[Collected data]
======

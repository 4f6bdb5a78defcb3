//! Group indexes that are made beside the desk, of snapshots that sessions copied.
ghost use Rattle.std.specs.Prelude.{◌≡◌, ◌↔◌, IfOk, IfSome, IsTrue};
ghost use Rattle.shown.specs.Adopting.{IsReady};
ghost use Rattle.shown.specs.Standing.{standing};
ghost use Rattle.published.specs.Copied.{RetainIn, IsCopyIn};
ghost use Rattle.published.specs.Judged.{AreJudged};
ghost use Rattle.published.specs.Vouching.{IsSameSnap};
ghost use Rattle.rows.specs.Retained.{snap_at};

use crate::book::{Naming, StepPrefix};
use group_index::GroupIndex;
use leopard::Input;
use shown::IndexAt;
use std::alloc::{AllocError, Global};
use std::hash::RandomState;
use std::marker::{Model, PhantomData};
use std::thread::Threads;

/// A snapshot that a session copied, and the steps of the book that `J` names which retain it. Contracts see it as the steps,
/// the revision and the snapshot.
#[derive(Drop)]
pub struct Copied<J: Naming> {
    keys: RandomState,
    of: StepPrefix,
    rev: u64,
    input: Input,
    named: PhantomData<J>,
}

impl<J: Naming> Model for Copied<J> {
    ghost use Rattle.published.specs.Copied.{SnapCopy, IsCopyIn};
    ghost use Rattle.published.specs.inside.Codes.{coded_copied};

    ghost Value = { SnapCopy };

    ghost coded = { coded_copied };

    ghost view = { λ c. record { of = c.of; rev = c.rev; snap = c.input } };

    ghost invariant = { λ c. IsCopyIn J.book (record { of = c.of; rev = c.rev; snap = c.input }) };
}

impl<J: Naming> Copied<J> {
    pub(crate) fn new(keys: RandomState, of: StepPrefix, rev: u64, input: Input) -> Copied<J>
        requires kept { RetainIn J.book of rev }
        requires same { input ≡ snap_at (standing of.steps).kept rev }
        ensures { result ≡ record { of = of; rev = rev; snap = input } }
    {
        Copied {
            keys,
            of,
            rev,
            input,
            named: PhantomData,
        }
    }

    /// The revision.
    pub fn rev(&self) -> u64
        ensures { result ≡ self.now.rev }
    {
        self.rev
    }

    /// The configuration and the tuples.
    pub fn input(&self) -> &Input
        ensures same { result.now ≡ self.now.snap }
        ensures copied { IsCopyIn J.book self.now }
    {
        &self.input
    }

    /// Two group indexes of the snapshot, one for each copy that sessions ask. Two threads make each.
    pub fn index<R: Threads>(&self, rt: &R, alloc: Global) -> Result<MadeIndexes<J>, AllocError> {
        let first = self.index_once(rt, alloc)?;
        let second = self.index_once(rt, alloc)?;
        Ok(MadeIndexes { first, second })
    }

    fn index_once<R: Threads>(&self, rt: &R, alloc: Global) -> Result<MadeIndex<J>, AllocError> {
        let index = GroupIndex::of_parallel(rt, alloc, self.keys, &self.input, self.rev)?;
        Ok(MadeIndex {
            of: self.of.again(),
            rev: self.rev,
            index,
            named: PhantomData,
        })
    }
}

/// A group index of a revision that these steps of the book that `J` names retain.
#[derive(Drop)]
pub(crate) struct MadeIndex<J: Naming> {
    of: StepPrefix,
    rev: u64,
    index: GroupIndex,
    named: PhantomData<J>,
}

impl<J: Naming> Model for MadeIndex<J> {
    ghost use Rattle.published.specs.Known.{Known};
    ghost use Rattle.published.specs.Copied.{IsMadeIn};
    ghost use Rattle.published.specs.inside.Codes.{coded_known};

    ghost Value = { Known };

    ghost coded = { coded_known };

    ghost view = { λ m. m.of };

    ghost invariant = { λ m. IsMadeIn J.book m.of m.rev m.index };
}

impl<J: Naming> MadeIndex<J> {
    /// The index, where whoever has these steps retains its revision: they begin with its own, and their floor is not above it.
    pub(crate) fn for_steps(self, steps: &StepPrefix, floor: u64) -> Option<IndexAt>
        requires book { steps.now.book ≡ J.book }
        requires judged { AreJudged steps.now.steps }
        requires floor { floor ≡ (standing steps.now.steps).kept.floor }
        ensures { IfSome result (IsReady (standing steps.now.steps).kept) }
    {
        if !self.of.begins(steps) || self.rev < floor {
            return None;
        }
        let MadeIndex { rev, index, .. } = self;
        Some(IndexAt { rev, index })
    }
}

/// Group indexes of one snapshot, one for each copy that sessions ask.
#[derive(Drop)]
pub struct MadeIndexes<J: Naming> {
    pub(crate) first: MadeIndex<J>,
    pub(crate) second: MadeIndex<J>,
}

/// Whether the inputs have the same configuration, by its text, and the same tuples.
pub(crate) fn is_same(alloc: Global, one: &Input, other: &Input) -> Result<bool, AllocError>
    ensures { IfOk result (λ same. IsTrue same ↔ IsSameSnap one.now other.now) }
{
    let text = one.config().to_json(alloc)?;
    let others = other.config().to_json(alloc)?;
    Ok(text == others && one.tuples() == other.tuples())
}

======

• **EXERCISE DIRECTIONS**
From the entries above, extract only the lines running from the one containing "use std::hash::RandomState;" through the one containing "input ≡ snap_at", inclusive.

• **TASK SOLUTION**
use std::hash::RandomState;
use std::marker::{Model, PhantomData};
use std::thread::Threads;

/// A snapshot that a session copied, and the steps of the book that `J` names which retain it. Contracts see it as the steps,
/// the revision and the snapshot.
#[derive(Drop)]
pub struct Copied<J: Naming> {
    keys: RandomState,
    of: StepPrefix,
    rev: u64,
    input: Input,
    named: PhantomData<J>,
}

impl<J: Naming> Model for Copied<J> {
    ghost use Rattle.published.specs.Copied.{SnapCopy, IsCopyIn};
    ghost use Rattle.published.specs.inside.Codes.{coded_copied};

    ghost Value = { SnapCopy };

    ghost coded = { coded_copied };

    ghost view = { λ c. record { of = c.of; rev = c.rev; snap = c.input } };

    ghost invariant = { λ c. IsCopyIn J.book (record { of = c.of; rev = c.rev; snap = c.input }) };
}

impl<J: Naming> Copied<J> {
    pub(crate) fn new(keys: RandomState, of: StepPrefix, rev: u64, input: Input) -> Copied<J>
        requires kept { RetainIn J.book of rev }
        requires same { input ≡ snap_at (standing of.steps).kept rev }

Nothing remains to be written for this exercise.